In social psychology, the cross-race effect is described as the "ingroup advantage". In other fields, the effect can be seen as a specific form of the "ingroup advantage" since it is only applied in interracial or inter-ethnic situations, whereas "ingroup advantage" can refer to mono-ethnic situations as well.[2]

Deeper study of the cross-race effect has also demonstrated two types of processing for the recognition of faces: featural and holistic. It has been found that holistic processing (which occurs beyond individual parts of the face) is more commonly used in same-race situations, but there is an experience effect, which means that as a person gains more experience with those of a particular race, he or she will begin to use more holistic processing. Featural processing is much more commonly used with an unfamiliar stimulus or face.[3]

Theoretical approaches

"How To Spot A Jap" (1942), produced by the United States Army, attempts to describe the visual differences between Japanese and Chinese, a distinction that was difficult for US soldiers. Click for a larger image.

History

The first research on the cross-race effect was published in 1914.[4] It stated that humans tend to perceive people of other races than themselves to all look alike. All else being equal, individuals of a given race are distinguishable from each other in proportion to their familiarity or contact with the race as a whole. Thus, to the uninitiated Caucasian, all East Asian people look alike, while to East Asian people, all Caucasian people look alike. This does not hold true when people of different races familiarize themselves with races different from their own.

Ingroup advantage

Cross-race effect has a strong connection with the ingroup advantage phenomenon. With ingroup advantage, people evaluate and judge members of their own self-defined group as being better and fairer than members of other groups (outgroup disadvantage). Social psychologists have demonstrated in the last 30 years that even the smallest aspect of differentiation, like preference for flavor of ice cream or style of music, can trigger ingroup advantage. If the group-building factor is a person's race, then cross-race effect appears. The favoritism of ingroup members also results from the decreased inborn motivation to read the face of a person of another group or culture. Hess, Senecal & Kirouac[5] showed in 1996 that the motivation to decode the emotional facial expression instantly decreased when the experimental subject realized that the face belonged to a person of another race.

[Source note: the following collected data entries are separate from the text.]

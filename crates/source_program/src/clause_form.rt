ghost use Rattle.std.specs.Prelude.{◌≡◌, ℕ, ◌+◌, Some, None, IfOk, OnOk, IsErrOf, length, true, false};
ghost use Rattle.aq_base.specs.declared.refusal.FormKind.{FormKind};
ghost use Rattle.aq_term.specs.PlainOf.{plain};
ghost use Rattle.term_meaning.specs.Plain.{Plain, compound, plains};
ghost use Rattle.dcg_rules.specs.Grammar.{IsRule};
ghost use Rattle.source_program.specs.Arguments.{arity, clause_arguments, grammar_arguments, rule_arguments};
ghost use Rattle.source_program.specs.ClauseFaults.{rule_fault, head_fault, clause_fault, grammar_fault, form_fault, directive_fault, target_fault, are_modes, mode_of};
ghost use Rattle.source_program.specs.Defined.{may_be_defined};
ghost use Rattle.source_program.specs.Forms.{HasModes, IsFormOf};
ghost use Rattle.source_program.specs.Keys.{HasKeys, term_key, clause_key, grammar_key, directive_key, IsEntryWith, IsClauseWith};

use crate::arguments::{Arguments, by_number};
use crate::body_goal::{copies_of, goal_of, is_builtin, is_control, most_called};
use crate::form_fault::FormFault;
use crate::goal::Goal;
use crate::source_clause::SourceClause;
use aq_base::refusal::FormKind;
use aq_term::args::Args;
use aq_term::args0::Args0;
use aq_term::atom::Atom;
use aq_term::atoms::Atoms;
use aq_term::entry::Entry;
use aq_term::memory::Memory;
use aq_term::mode::Mode;
use aq_term::modes::Modes;
use aq_term::read_term::ReadTerm;
use aq_term::reserved::is_reserved;
use aq_term::term::Term;
use dcg_rules::translate;
use std::alloc::Global;

/// A clause of the predicate of this name. The predicate has as many arguments as the clause's head.
#[derive(Debug, Drop)]
pub struct NamedClause {
    pub name: Atom,
    pub clause: SourceClause,
}

/// What a clause of a text is.
#[derive(Debug, Drop)]
pub enum ClauseForm {
    /// The directive `:- entry(..)`.
    Entry(Entry),
    /// A fact, a rule, or a grammar rule as the rule that it stands for.
    Clause(NamedClause),
}

/// The form of the clause of this number. A term that is no clause of the language is the fault of its directive, of its
/// head or of its body, and the head is tested before the body.
#[tactic(auto, using(crate::proofs::ControlLemmas::form_fault_of_others, crate::proofs::ControlLemmas::defined_key_of_others, crate::proofs::ControlLemmas::entry_key_of_others, crate::proofs::ControlLemmas::text_arguments_of_others))]
pub fn clause_form(
    alloc: Global,
    read: &ReadTerm,
    atoms: &Atoms,
    number: u64,
) -> Result<ClauseForm, FormFault>
    ensures ok { OnOk result (form_fault (length read.now.names) (plain read.now.term) ≡ None) }
    ensures refused { (kind : FormKind) → IsErrOf result (FormFault.Form kind) → form_fault (length read.now.names) (plain read.now.term) ≡ Some kind }
    ensures keys { IfOk result (HasKeys (length read.now.names) (plain read.now.term)) }
    ensures form { IfOk result (IsFormOf number) }
{
    let Term::Compound(name, arguments) = &read.term else {
        return plain_form(alloc, read, number);
    };
    match by_number(arguments) {
        Arguments::One(directive) => match *name {
            Atom::IF => entry_form(alloc, directive, number),
            _ => plain_form(alloc, read, number),
        },
        Arguments::Two(_, _) => match *name {
            Atom::ARROW => rule_form(alloc, read, atoms, number),
            _ => plain_form(alloc, read, number),
        },
        Arguments::Three(_, _, _) => plain_form(alloc, read, number),
        Arguments::Others => plain_form(alloc, read, number),
    }
}

/// A directive.
fn entry_form(alloc: Global, directive: &Term, number: u64) -> Result<ClauseForm, FormFault>
    ensures ok { OnOk result (directive_fault (plain directive.now) ≡ None) }
    ensures refused { (kind : FormKind) → IsErrOf result (FormFault.Form kind) → directive_fault (plain directive.now) ≡ Some kind }
    ensures key { IfOk result (IsEntryWith (directive_key (plain directive.now))) }
    ensures form { IfOk result (IsFormOf number) }
{
    let entry = entry_of(alloc, directive, number)?;
    Ok(ClauseForm::Entry(entry))
}

/// A rule or a fact.
fn plain_form(alloc: Global, read: &ReadTerm, number: u64) -> Result<ClauseForm, FormFault>
    ensures ok { OnOk result (clause_fault (plain read.now.term) ≡ None) }
    ensures refused { (kind : FormKind) → IsErrOf result (FormFault.Form kind) → clause_fault (plain read.now.term) ≡ Some kind }
    ensures key { IfOk result (IsClauseWith (clause_key (plain read.now.term)) (clause_arguments (plain read.now.term))) }
    ensures form { IfOk result (IsFormOf number) }
{
    let clause = named_clause(alloc, read, number)?;
    Ok(ClauseForm::Clause(clause))
}

/// A grammar rule, as the rule that it stands for.
fn rule_form(
    alloc: Global,
    read: &ReadTerm,
    atoms: &Atoms,
    number: u64,
) -> Result<ClauseForm, FormFault>
    ensures ok { (head body : Plain) → IsRule head body (plain read.now.term) → OnOk result (grammar_fault (length read.now.names) head body ≡ None) }
    ensures refused { (head body : Plain) (kind : FormKind) → IsRule head body (plain read.now.term) → IsErrOf result (FormFault.Form kind) → grammar_fault (length read.now.names) head body ≡ Some kind }
    ensures key { (head body : Plain) → IsRule head body (plain read.now.term) → IfOk result (IsClauseWith (grammar_key (length read.now.names) head) (grammar_arguments (length read.now.names) head body)) }
    ensures form { IfOk result (IsFormOf number) }
{
    let made = translate(alloc, read, atoms)?;
    let clause = named_clause(alloc, &made, number)?;
    Ok(ClauseForm::Clause(clause))
}

/// A rule or a fact.
fn named_clause(alloc: Global, read: &ReadTerm, number: u64) -> Result<NamedClause, FormFault>
    ensures ok { OnOk result (clause_fault (plain read.now.term) ≡ None) }
    ensures refused { (kind : FormKind) → IsErrOf result (FormFault.Form kind) → clause_fault (plain read.now.term) ≡ Some kind }
    ensures key { IfOk result (λ named. clause_key (plain read.now.term) ≡ Some (named.name.number, length named.clause.head)) }
    ensures arguments { IfOk result (λ named. clause_arguments (plain read.now.term) ≡ named.clause.most_arguments) }
    ensures number { IfOk result (λ named. named.clause.number ≡ number) }
{
    let Ok(variables) = u32::try_from(read.names.len()) else {
        return Err(FormFault::Memory);
    };
    let parts = parts_of(alloc, &read.term)?;
    Ok(NamedClause {
        name: parts.name,
        clause: SourceClause {
            head: parts.head,
            body: parts.body,
            most_arguments: parts.most_arguments,
            variables,
            number,
            weight: read.weight,
        },
    })
}

/// The parts of a rule or a fact: the name of the head and its arguments, the body, and the most arguments of the head and of a
/// call.
#[derive(Drop)]
struct ClauseParts {
    name: Atom,
    head: Args0,
    body: Goal,
    most_arguments: usize,
}

/// The parts of a clause.
#[tactic(auto, using(crate::proofs::ControlLemmas::clause_fault_of_others, crate::proofs::ControlLemmas::clause_key_of_others, crate::proofs::ControlLemmas::clause_arguments_of_others))]
fn parts_of(alloc: Global, term: &Term) -> Result<ClauseParts, FormFault>
    ensures ok { OnOk result (clause_fault (plain term.now) ≡ None) }
    ensures refused { (kind : FormKind) → IsErrOf result (FormFault.Form kind) → clause_fault (plain term.now) ≡ Some kind }
    ensures key { IfOk result (λ parts. clause_key (plain term.now) ≡ Some (parts.name.number, length parts.head)) }
    ensures arguments { IfOk result (λ parts. clause_arguments (plain term.now) ≡ parts.most_arguments) }
{
    let Term::Compound(name, arguments) = term else {
        return fact(alloc, term);
    };
    match by_number(arguments) {
        Arguments::Two(head, body) => match *name {
            Atom::IF => rule(alloc, head, body),
            _ => fact(alloc, term),
        },
        Arguments::One(_) => fact(alloc, term),
        Arguments::Three(_, _, _) => fact(alloc, term),
        Arguments::Others => fact(alloc, term),
    }
}

fn rule(alloc: Global, head: &Term, body: &Term) -> Result<ClauseParts, FormFault>
    ensures ok { OnOk result (rule_fault (plain head.now) (plain body.now) ≡ None) }
    ensures refused { (kind : FormKind) → IsErrOf result (FormFault.Form kind) → rule_fault (plain head.now) (plain body.now) ≡ Some kind }
    ensures key { IfOk result (λ parts. term_key (plain head.now) ≡ Some (parts.name.number, length parts.head)) }
    ensures arguments { IfOk result (λ parts. rule_arguments (plain head.now) (plain body.now) ≡ parts.most_arguments) }
{
    let (name, head) = head_of(alloc, head)?;
    let goal = goal_of(alloc, body)?;
    let most_arguments = head.len().max(most_called(body));
    Ok(ClauseParts {
        name,
        head,
        body: goal,
        most_arguments,
    })
}

fn fact(alloc: Global, term: &Term) -> Result<ClauseParts, FormFault>
    ensures ok { OnOk result (head_fault (plain term.now) ≡ None) }
    ensures refused { (kind : FormKind) → IsErrOf result (FormFault.Form kind) → head_fault (plain term.now) ≡ Some kind }
    ensures key { IfOk result (λ parts. term_key (plain term.now) ≡ Some (parts.name.number, length parts.head)) }
    ensures arguments { IfOk result (λ parts. arity (plain term.now) ≡ parts.most_arguments) }
{
    let (name, head) = head_of(alloc, term)?;
    let most_arguments = head.len();
    Ok(ClauseParts {
        name,
        head,
        body: Goal::True,
        most_arguments,
    })
}

/// The name and the arguments of a head.
#[tactic(auto, using(crate::proofs::ControlLemmas::count_of_plains))]
fn head_of(alloc: Global, head: &Term) -> Result<(Atom, Args0), FormFault>
    ensures ok { OnOk result (head_fault (plain head.now) ≡ None) }
    ensures refused { (kind : FormKind) → IsErrOf result (FormFault.Form kind) → head_fault (plain head.now) ≡ Some kind }
    ensures key { IfOk result (λ made. term_key (plain head.now) ≡ Some (made.0.number, length made.1)) }
    ensures arguments { IfOk result (λ made. arity (plain head.now) ≡ length made.1) }
{
    match head {
        Term::Var(_) | Term::Int(_) => Err(FormFault::Form(FormKind::Head)),
        Term::Atom(name) => {
            if !may_be_defined(*name, 0) {
                return Err(FormFault::Form(FormKind::Head));
            }
            Ok((*name, Args0::new(alloc)))
        }
        Term::Compound(name, arguments) => {
            if !may_be_defined(*name, arguments.len()) {
                return Err(FormFault::Form(FormKind::Head));
            }
            Ok((*name, copies_of(alloc, arguments.as_slice())?))
        }
    }
}

/// Whether a program may have a predicate of this name with this many arguments.
fn may_be_defined(name: Atom, arity: usize) -> bool
    ensures { result ≡ may_be_defined name.number arity }
{
    !is_control(name, arity) && !is_reserved(name, arity) && !is_builtin(name, arity)
}

/// The entry that a directive declares.
#[tactic(auto, using(crate::proofs::ControlLemmas::entry_fault_of_others))]
fn entry_of(alloc: Global, directive: &Term, number: u64) -> Result<Entry, FormFault>
    ensures ok { OnOk result (directive_fault (plain directive.now) ≡ None) }
    ensures refused { (kind : FormKind) → IsErrOf result (FormFault.Form kind) → directive_fault (plain directive.now) ≡ Some kind }
    ensures key { IfOk result (λ entry. directive_key (plain directive.now) ≡ Some (entry.name.number, entry.arity)) }
    ensures entry { IfOk result (λ entry. (entry.clause ≡ number) × HasModes entry) }
{
    let Term::Compound(name, arguments) = directive else {
        return Err(FormFault::Form(FormKind::Directive));
    };
    match by_number(arguments) {
        Arguments::One(target) => match *name {
            Atom::ENTRY => entry_for(alloc, target, number),
            _ => Err(FormFault::Form(FormKind::Directive)),
        },
        Arguments::Two(_, _) => Err(FormFault::Form(FormKind::Directive)),
        Arguments::Three(_, _, _) => Err(FormFault::Form(FormKind::Directive)),
        Arguments::Others => Err(FormFault::Form(FormKind::Directive)),
    }
}

/// The entry for this predicate, whose arguments are modes.
fn entry_for(alloc: Global, target: &Term, number: u64) -> Result<Entry, FormFault>
    ensures ok { OnOk result (target_fault (plain target.now) ≡ None) }
    ensures refused { (kind : FormKind) → IsErrOf result (FormFault.Form kind) → target_fault (plain target.now) ≡ Some kind }
    ensures key { IfOk result (λ entry. term_key (plain target.now) ≡ Some (entry.name.number, entry.arity)) }
    ensures entry { IfOk result (λ entry. (entry.clause ≡ number) × HasModes entry) }
{
    match target {
        Term::Var(_) | Term::Int(_) => Err(FormFault::Form(FormKind::Directive)),
        Term::Atom(name) => Ok(Entry {
            name: *name,
            arity: 0,
            modes: Modes::new(alloc),
            clause: number,
        }),
        Term::Compound(name, arguments) => { entry_with_modes(alloc, *name, arguments, number) }
    }
}

#[tactic(auto, using(crate::proofs::ControlLemmas::count_of_plains))]
fn entry_with_modes(
    alloc: Global,
    name: Atom,
    arguments: &Args,
    number: u64,
) -> Result<Entry, FormFault>
    ensures ok { OnOk result (target_fault (compound name.number (plains arguments.now)) ≡ None) }
    ensures refused { (kind : FormKind) → IsErrOf result (FormFault.Form kind) → target_fault (compound name.number (plains arguments.now)) ≡ Some kind }
    ensures key { IfOk result (λ entry. term_key (compound name.number (plains arguments.now)) ≡ Some (entry.name.number, entry.arity)) }
    ensures entry { IfOk result (λ entry. (entry.clause ≡ number) × HasModes entry) }
{
    let Ok(arity) = u8::try_from(arguments.len()) else {
        return Err(FormFault::Form(FormKind::Directive));
    };
    let modes = modes_of(alloc, arguments)?;
    Ok(Entry {
        name,
        arity,
        modes,
        clause: number,
    })
}

/// The modes that the arguments name.
fn modes_of(alloc: Global, arguments: &Args) -> Result<Modes, FormFault>
    ensures ok { OnOk result (are_modes (plains arguments.now) ≡ true) }
    ensures refused { (kind : FormKind) → IsErrOf result (FormFault.Form kind) → (kind ≡ FormKind.Directive) × (are_modes (plains arguments.now) ≡ false) }
    ensures length { IfOk result (λ modes. length modes ≡ length arguments.now) }
{
    let mut modes = Modes::new(alloc);
    for argument in arguments.as_slice() {
        let Some(mode) = mode_of(argument) else {
            return Err(FormFault::Form(FormKind::Directive));
        };
        modes.push(mode)?;
    }
    Ok(modes)
}

/// The mode of this name.
fn mode_of(argument: &Term) -> Option<Mode>
    ensures { result ≡ mode_of (plain argument.now) }
{
    let Term::Atom(name) = argument else {
        return None;
    };
    match *name {
        Atom::GROUND => Some(Mode::Ground),
        Atom::NONVAR => Some(Mode::Nonvar),
        Atom::OUT => Some(Mode::Out),
        Atom::ANY => Some(Mode::Any),
        _ => None,
    }
}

Cross-race effect and emotion recognition

A meta-analysis of several studies about emotion recognition in facial expressions revealed that people could recognize and interpret the emotional facial expression of a person of their own race faster and better than of a person of another race. These findings apply to all races in the same way.[6] Some studies show that other races, compared to one's own race, have differently shaped faces and different details within a facial expression, making it difficult for members of other races to decode emotional expressions.[7][8] However, studies have shown that the mood of the observer does not affect the cross-race effect.[9]

Social cognition

Research has shown that people tend to think more categorically about outgroup members and more individually about ingroup members.[10] For example, outgroup members may associate specific facial features with a particular race or ethnicity, and do not notice the subtle variations in skin tone, eye color, or hair texture that ingroup members recognize. Categorical thinking happens more consistently for outgroup participants while individuation does the exact opposite.[10] These different views between outgroup and ingroup members have been known to bias conceptual cognitive processes and show that the cross-race effect actually has less to do with race than with different levels of cognitive processing that occur for ingroup and outgroup members.[10]

Cognitive disregard

Another set of cognitive theories related to cross-race effect focuses on how social categorizaion and individuation biases face memory.[10] Some researchers believe that the inability for ingroup members' to recognize differences in the features of outgroup members can be explained through cognitive disregard.[8] They find that the likelihood of falsely identifying a member of an out-group stems from an automatic encoding of a face without processing its unique features.[8] Thus, when presented with an out-group member who has a similar face to the one that was encoded, the in-group member automatically, but incorrectly determines that the face has been "seen" before.[8] These studies conclude that diminishing the cross race effect requires individuals to process ethnically-differing faces with the goal of encoding with individuation.[8]

Depth of processing hypothesis

Depth of processing also influences the presence of the cross race effect.[11] Same-race faces are more correctly and easily discerned because deep processing, than other-race faces are.[11] This hypothesis, however, is controversial because of its inability to be replicated within studies.[11]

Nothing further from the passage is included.